Note that the term “model home” could also refer to one of the in-construction homes that is kept empty — or it might be staged — so that potential buyers can see in person what will eventually be built. That model home is used for touring purposes while the others are being built, and then when the others are completed and sold, the original model home will likely also be put on the market.
Is buying a spec house a good idea?
It can be if you’re buying one from a reputable builder, says Williams, who also has experience selling spec homes in Florida. Here’s what she encourages her clients who are in the market to do when purchasing a spec house:
- Vet the reputation of the builder, which includes seeing other homes they have built and sold.

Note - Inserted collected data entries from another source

//! Texts from which pages are read again.
ghost use Rattle.std.specs.Prelude.{◌≡◌, Some, IfOk, string_bytes};
ghost use Rattle.haya_numbers.specs.Pages.{part_view, parts};
ghost use Rattle.haya_numbers.specs.PagesRoundTrip.{exact_pages, exact_part, reads_as};
ghost use Rattle.haya_numbers.specs.PagesRoundTrip.{round_trip_text, same_pages};

use crate::numeric::Exact;
use crate::{PageRanges, PageRangesPart, PageRangesPartErr};
use haya_text::{OutOfMemory, ReadFault, ReadText};
use std::alloc::Global;
use std::fmt;

impl PageRanges {
    /// A text from which the pages are read again, if they were read from one: what is shown of
    /// them where that reads as them. Otherwise nothing stands behind a comma, each number has its
    /// exact text, a hyphen that was escaped is escaped again, and any other range has an en dash.
    /// The only error is out of memory.
    #[tactic(auto, using(crate::proofs::RoundTrips::pages_shown))]
    pub fn round_trip_text(&self, alloc: Global) -> Result<String, OutOfMemory>
        ensures { IfOk result (λ text. string_bytes text ≡ round_trip_text (parts self.now)) }
    {
        let shown = format!(in alloc; "{self}")?;
        if self.reads_back() {
            return Ok(shown);
        }
        if reads_as(alloc, shown.as_str(), self)? {
            return Ok(shown);
        }
        Ok(format!(in alloc; "{}", ExactPages(self))?)
    }
}

// Whether the text reads as the pages.
fn reads_as(alloc: Global, text: &str, pages: &PageRanges) -> Result<bool, OutOfMemory>
    ensures { IfOk result (λ b. b ≡ reads_as text.now (parts pages.now)) }
{
    match PageRanges::from_str(alloc, text) {
        Ok(read) => Ok(is_same(&read, pages)),
        Err(fault) if fault.is_out_of_memory() => Err(OutOfMemory),
        Err(_) => Ok(false),
    }
}

// Whether two lists of pages are equal by value.
fn is_same(a: &PageRanges, b: &PageRanges) -> bool
    ensures { result ≡ same_pages (parts a.now) (parts b.now) }
{
    a == b
}

// Pages by the text that reads as them, if any does.
#[derive(Drop)]
struct ExactPages<'a>(&'a PageRanges);

impl fmt::Display for ExactPages<'_> {
    ghost output = { λ pages. Some (exact_pages (parts pages.0.now)) };

    fn fmt<W: fmt::Write>(&self, f: &mut fmt::Formatter<W>) -> fmt::Result {
        for part in &self.0.ranges {
            write!(f, "{}", ExactPart(part))?;
        }
        Ok(())
    }
}

// A part of them.
#[derive(Drop)]
struct ExactPart<'a>(&'a PageRangesPart);

impl fmt::Display for ExactPart<'_> {
    ghost output = { λ part. Some (exact_part (part_view part.0.now)) };

    fn fmt<W: fmt::Write>(&self, f: &mut fmt::Formatter<W>) -> fmt::Result {
        match self.0 {
            PageRangesPart::Ampersand => f.write_str("&"),
            PageRangesPart::Comma => f.write_str(","),
            PageRangesPart::SinglePage(page) => write!(f, "{}", Exact(page)),
            PageRangesPart::EscapedRange(start, end) => {
                write!(f, "{}\\-{}", Exact(start), Exact(end))
            }
            PageRangesPart::Range(start, end) => write!(f, "{}–{}", Exact(start), Exact(end)),
        }
    }
}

- Confirm that the home is well insured.
- Hire an inspector, engineer, and any other professional who will ensure that the home was constructed correctly and is safe for inhabiting.
Williams notes that not every spec developer is a career home builder. There are some well-funded individuals for whom real estate development is more of a passion project — which is why Williams says vetting real estate developers is very important.
While the initial risk with a spec home is taken on by the builder, the risk does pass on to the buyer, like it does in all real estate transactions.
Varas says buyers should know that spec home builders might attempt to control costs by going all-in on visible features — like high-end kitchen finishes and appliances — while cutting back on hidden features, like HVAC systems and even closets.
“Look for the brand and efficiency of the home’s air conditioning or heating system and the voltage on lights and audio visual equipment,” Varas says. “I always recommend our clients have their audio visual vendor do a site visit prior to closing so that they can plan the necessary upgrades to the basic pre-wiring many spec homes include.”
Spec homes vs. custom homes
With all this discussion about how spec homes can be super expensive, it’s important to note that a custom home can be even more expensive. Varas says with a custom home, the buyer is on the hook for everything, from purchasing the land itself to hiring the architect to covering all construction costs. Still, many people find that the end result is worth it and they have, indeed, built the home of their dreams.
A spec home, on the other hand, saves both time and money in that someone else has shouldered the burden of making all those decisions and initially footing the bill. Varas says that when a buyer purchases a spec house still under construction, they are usually able to choose their custom features so that the home is eventually completed the way they prefer.
“Every buyer’s personal budget will determine the level and caliber of customization possible,” he explains. “Consulting with a professional designer is a smart investment for buyers to understand how realistic the look they envision is.”